Margaret frowned. "Oh. Um. Probably not? Most of the time I float around here. If someone was brought in last night, it wasn't through here. Not with that description. Oh! But maybe Doctor Lin will know something. We're not tight or anything, but he is another ghost. Not like those... shades? Anyway, he's no goof. And his memory is unreal. I'm sure he'll help if he knows anything. He's usually in the ER. Or doing rounds. I can go ask him."
Cassie breathed out. She hadn't realized she'd been holding her breath. "That would be wonderful. Will you, please?"
Margaret bobbed her head enthusiastically. "I'd be glad to! Just wait right here, please? And maybe don't split right away, after? I'm really dying to have some real girl talk for once, you know?" She hesitated as though realizing what she'd said, and then laughed at herself.
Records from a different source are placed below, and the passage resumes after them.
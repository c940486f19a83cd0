//! Calls that a future makes in its poll on another's handle, and on the executor.

ghost use Rattle.std.specs.Prelude.{◌≡◌, ◌<◌, OnOk, length};
ghost use Rattle.simulator.specs.Handles as handles;
ghost use Rattle.simulator.specs.Play as play;
ghost use Rattle.simulator.specs.Turn as turns;

use crate::play::future::{Future, Stage};
use crate::play::player::Player;
use executor_model::{Call, Step};
use script::Name;
use std::alloc::AllocError;

impl<'a> Player<'a> {
    /// The future drops the handle of the future of this name, where it is there and nobody holds or uses it.
    pub fn poll_stop(&mut self, p: u32, f: u64, name: Name) -> Result<(), AllocError>
        ensures new { OnOk result (self.new ≡
            turns.stop_named (handles.free_handle self.old (handles.handle_of self.old name)) p f self.old) }
        ensures grows { OnOk result (length self.old.tried < length self.new.tried) }
    {
        match self.free_handle(self.handle_of(name)) {
            Some(g) => self.ask(p, f, Call::DropHandle(g)),
            None => self.end_pending(p, f),
        }
    }

    /// The future has a queued task taken up, where that is possible.
    #[tactic(auto, unfolding(crate::specs::Turn::nest, crate::specs::Turn::ask, crate::specs::Play::is_possible))]
    pub fn poll_nest(&mut self, p: u32, f: u64) -> Result<(), AllocError>
        ensures new { OnOk result (self.new ≡ turns.nest p f self.old) }
        ensures grows { OnOk result (length self.old.tried < length self.new.tried) }
    {
        let future = self.future(f);
        self.set_future(
            f,
            Future {
                stage: Stage::Asked,
                ..future
            },
        );
        let step = Step::Begin {
            party: p,
            call: Call::TryTick,
        };
        if self.try_step(step)? {
            Ok(())
        } else {
            self.end_pending(p, f)
        }
    }
}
The chuckling made her rise up and drift back a little.
Cassie smiled back and nodded. "I might have to go, just to find our friend. But if I do I'll come back later." She remembered Margaret's colloquialism and her smile became a little warmer despite the distraction of all the shades. "Just to hang."
The ghost squealed and drifted up toward the ceiling again. "Cassie, you just put me on cloud nine. I'll be right back." Then she swooped down and darted through a wall, heading deeper into the hospital.
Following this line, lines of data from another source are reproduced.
//! What the own future of a run does.

ghost use Rattle.std.specs.Prelude.{◌≡◌, ◌<◌, OnOk, length};
ghost use Rattle.simulator.specs.Play as play;
ghost use Rattle.simulator.specs.Turn as turns;

use crate::play::future::doubled;
use crate::play::player::Player;
use crate::play::runs::Run;
use executor_model::{Answer, By, Call, RunPoll, UserEnd};
use std::alloc::AllocError;

impl<'a> Player<'a> {
    /// The own future of a run is polled: it polls the handle that it holds, or is never ready.
    #[tactic(auto, unfolding(crate::specs::Turn::poll_own))]
    pub fn poll_own(&mut self, p: u32, x: RunPoll) -> Result<(), AllocError>
        ensures new { OnOk result (self.new ≡ turns.poll_own p x self.old) }
        ensures grows { OnOk result (length self.old.tried < length self.new.tried) }
    {
        match self.number_named(self.run(x.run).twice) {
            Some(f) => self.poll_held(p, x, f),
            None => self.answer(p, UserEnd::Polled(Answer::Pending)),
        }
    }

    #[tactic(auto, unfolding(crate::specs::Turn::poll_held))]
    fn poll_held(&mut self, p: u32, x: RunPoll, f: u64) -> Result<(), AllocError>
        ensures new { OnOk result (self.new ≡ turns.poll_held (play.run self.old x.run).asked p x f self.old) }
        ensures grows { OnOk result (length self.old.tried < length self.new.tried) }
    {
        let run = self.run(x.run);
        if run.asked {
            let output = doubled(self.party(p).reply, self.future(f).output);
            return self.end_own(p, x.run, output);
        }
        self.set_run(x.run, Run { asked: true, ..run });
        self.give(f, x.waker);
        self.call(p, Call::PollHandle(f, By::Mine))
    }

    /// The handle was polled, and the own future is ready with this output, or isn't ready.
    fn end_own(&mut self, p: u32, r: u64, output: Option<u64>) -> Result<(), AllocError>
        ensures new { OnOk result (self.new ≡ turns.end_own output p r self.old) }
        ensures grows { OnOk result (length self.old.tried < length self.new.tried) }
    {
        let run = self.run(r);
        match output {
            Some(output) => {
                self.set_run(r, run.end_poll(output));
                self.answer(p, UserEnd::Polled(Answer::Ready))
            }
            None => {
                self.set_run(r, run.end_poll(run.output));
                self.answer(p, UserEnd::Polled(Answer::Pending))
            }
        }
    }

    /// The own future of a run is dropped: it lets go of the handle that it holds, or its drop ends.
    #[tactic(auto, unfolding(crate::specs::Turn::drop_own))]
    pub fn drop_own(&mut self, p: u32, r: u64) -> Result<(), AllocError>
        ensures new { OnOk result (self.new ≡ turns.drop_own p r self.old) }
        ensures grows { OnOk result (length self.old.tried < length self.new.tried) }
    {
        match self.number_named(self.run(r).twice) {
            Some(f) => self.drop_twice(p, r, f),
            None => self.answer(p, UserEnd::Done),
        }
    }

    #[tactic(auto, unfolding(crate::specs::Turn::drop_twice))]
    fn drop_twice(&mut self, p: u32, r: u64, f: u64) -> Result<(), AllocError>
        ensures new { OnOk result (self.new ≡ turns.drop_twice (play.run self.old r).let_go p r f self.old) }
        ensures grows { OnOk result (length self.old.tried < length self.new.tried) }
    {
        let run = self.run(r);
        if run.let_go {
            return self.answer(p, UserEnd::Done);
        }
        self.set_run(
            r,
            Run {
                let_go: true,
                ..run
            },
        );
        self.call(p, Call::DropHandle(f))
    }
}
Cassie turned so that she was facing forward again. Then she leaned back, letting her head rest against the wall behind her seat. "Margaret is looking into it," she said to Hans and Curtis. "Hopefully we'll know something more pretty soon." She closed her eyes and tried to ignore the ruckus that continued to clamor by the doors. "Otherwise I guess we're waiting on Kels' people."
Cassie sat like that for a moment, just trying to build herself up for the eventual gauntlet of leaving. She barely heard Hans murmur "thank you" over the noise of the shades. Cassie didn't reply. She'd try to later -- but for now she just wanted to squeeze her eyes shut and try not to think of all the horrible things that had happened to the people who'd left bits of themselves at their worst moments to haunt the hospital.